▸ **Task prompt**:
Return, from the lines below, each one that includes the word "note".

Data supplied: Begin

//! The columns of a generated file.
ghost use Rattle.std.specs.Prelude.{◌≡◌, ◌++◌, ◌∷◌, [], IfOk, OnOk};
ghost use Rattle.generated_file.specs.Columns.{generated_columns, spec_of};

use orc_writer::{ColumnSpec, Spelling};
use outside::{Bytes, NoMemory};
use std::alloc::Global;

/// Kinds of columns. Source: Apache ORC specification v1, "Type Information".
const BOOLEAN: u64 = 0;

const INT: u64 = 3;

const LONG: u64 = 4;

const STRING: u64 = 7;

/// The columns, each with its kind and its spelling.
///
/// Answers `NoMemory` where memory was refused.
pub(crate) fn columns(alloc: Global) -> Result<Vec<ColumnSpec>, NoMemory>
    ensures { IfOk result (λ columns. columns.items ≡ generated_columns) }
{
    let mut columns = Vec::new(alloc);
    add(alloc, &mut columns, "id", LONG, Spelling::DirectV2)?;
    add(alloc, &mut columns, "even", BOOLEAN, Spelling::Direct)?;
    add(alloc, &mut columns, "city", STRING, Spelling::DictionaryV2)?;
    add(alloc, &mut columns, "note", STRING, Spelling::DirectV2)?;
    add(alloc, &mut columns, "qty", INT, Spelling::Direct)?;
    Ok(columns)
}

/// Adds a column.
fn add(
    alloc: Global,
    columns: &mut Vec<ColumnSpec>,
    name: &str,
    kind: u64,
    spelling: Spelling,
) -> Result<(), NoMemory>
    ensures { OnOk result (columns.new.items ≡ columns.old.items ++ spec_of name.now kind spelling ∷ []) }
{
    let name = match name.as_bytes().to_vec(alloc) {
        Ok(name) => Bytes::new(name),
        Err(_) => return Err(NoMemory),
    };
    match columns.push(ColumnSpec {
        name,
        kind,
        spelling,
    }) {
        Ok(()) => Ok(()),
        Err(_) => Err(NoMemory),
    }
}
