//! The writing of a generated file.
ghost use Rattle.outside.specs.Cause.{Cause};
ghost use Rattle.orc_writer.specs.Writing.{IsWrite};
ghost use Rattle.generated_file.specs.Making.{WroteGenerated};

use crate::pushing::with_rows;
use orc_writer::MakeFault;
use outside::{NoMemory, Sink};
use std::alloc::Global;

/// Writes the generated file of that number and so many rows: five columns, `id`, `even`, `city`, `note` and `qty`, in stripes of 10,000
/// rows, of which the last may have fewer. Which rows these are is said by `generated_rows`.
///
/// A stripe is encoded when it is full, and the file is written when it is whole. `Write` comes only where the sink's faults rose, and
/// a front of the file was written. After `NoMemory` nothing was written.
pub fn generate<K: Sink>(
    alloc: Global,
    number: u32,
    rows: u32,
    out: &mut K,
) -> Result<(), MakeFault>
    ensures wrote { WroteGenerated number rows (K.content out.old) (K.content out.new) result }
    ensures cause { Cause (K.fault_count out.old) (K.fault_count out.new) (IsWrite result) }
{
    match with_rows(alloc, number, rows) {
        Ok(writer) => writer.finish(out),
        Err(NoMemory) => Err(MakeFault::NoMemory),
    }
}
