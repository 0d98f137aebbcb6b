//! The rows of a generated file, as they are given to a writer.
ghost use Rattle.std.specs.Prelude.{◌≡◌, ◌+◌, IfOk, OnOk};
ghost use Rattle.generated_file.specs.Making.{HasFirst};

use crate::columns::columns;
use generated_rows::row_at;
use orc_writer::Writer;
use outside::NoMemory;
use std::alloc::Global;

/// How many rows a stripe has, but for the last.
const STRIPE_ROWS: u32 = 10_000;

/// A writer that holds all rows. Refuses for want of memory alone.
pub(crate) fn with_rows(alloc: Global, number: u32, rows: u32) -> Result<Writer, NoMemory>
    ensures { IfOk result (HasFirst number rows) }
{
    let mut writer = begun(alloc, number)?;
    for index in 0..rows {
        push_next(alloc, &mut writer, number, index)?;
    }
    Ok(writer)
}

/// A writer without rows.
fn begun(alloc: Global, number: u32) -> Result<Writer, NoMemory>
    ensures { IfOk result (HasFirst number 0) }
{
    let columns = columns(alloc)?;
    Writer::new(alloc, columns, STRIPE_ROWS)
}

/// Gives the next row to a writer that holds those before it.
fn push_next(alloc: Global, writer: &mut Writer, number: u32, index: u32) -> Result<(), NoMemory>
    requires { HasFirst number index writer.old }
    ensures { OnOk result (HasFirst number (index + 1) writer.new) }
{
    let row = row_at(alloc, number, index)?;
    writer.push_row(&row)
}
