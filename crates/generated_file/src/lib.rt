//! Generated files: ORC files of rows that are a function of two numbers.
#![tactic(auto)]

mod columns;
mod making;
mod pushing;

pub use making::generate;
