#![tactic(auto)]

Data supplied: End

▸ **Result of the exercise**:
    add(alloc, &mut columns, "note", STRING, Spelling::DirectV2)?;
/// Writes the generated file of that number and so many rows: five columns, `id`, `even`, `city`, `note` and `qty`, in stripes of 10,000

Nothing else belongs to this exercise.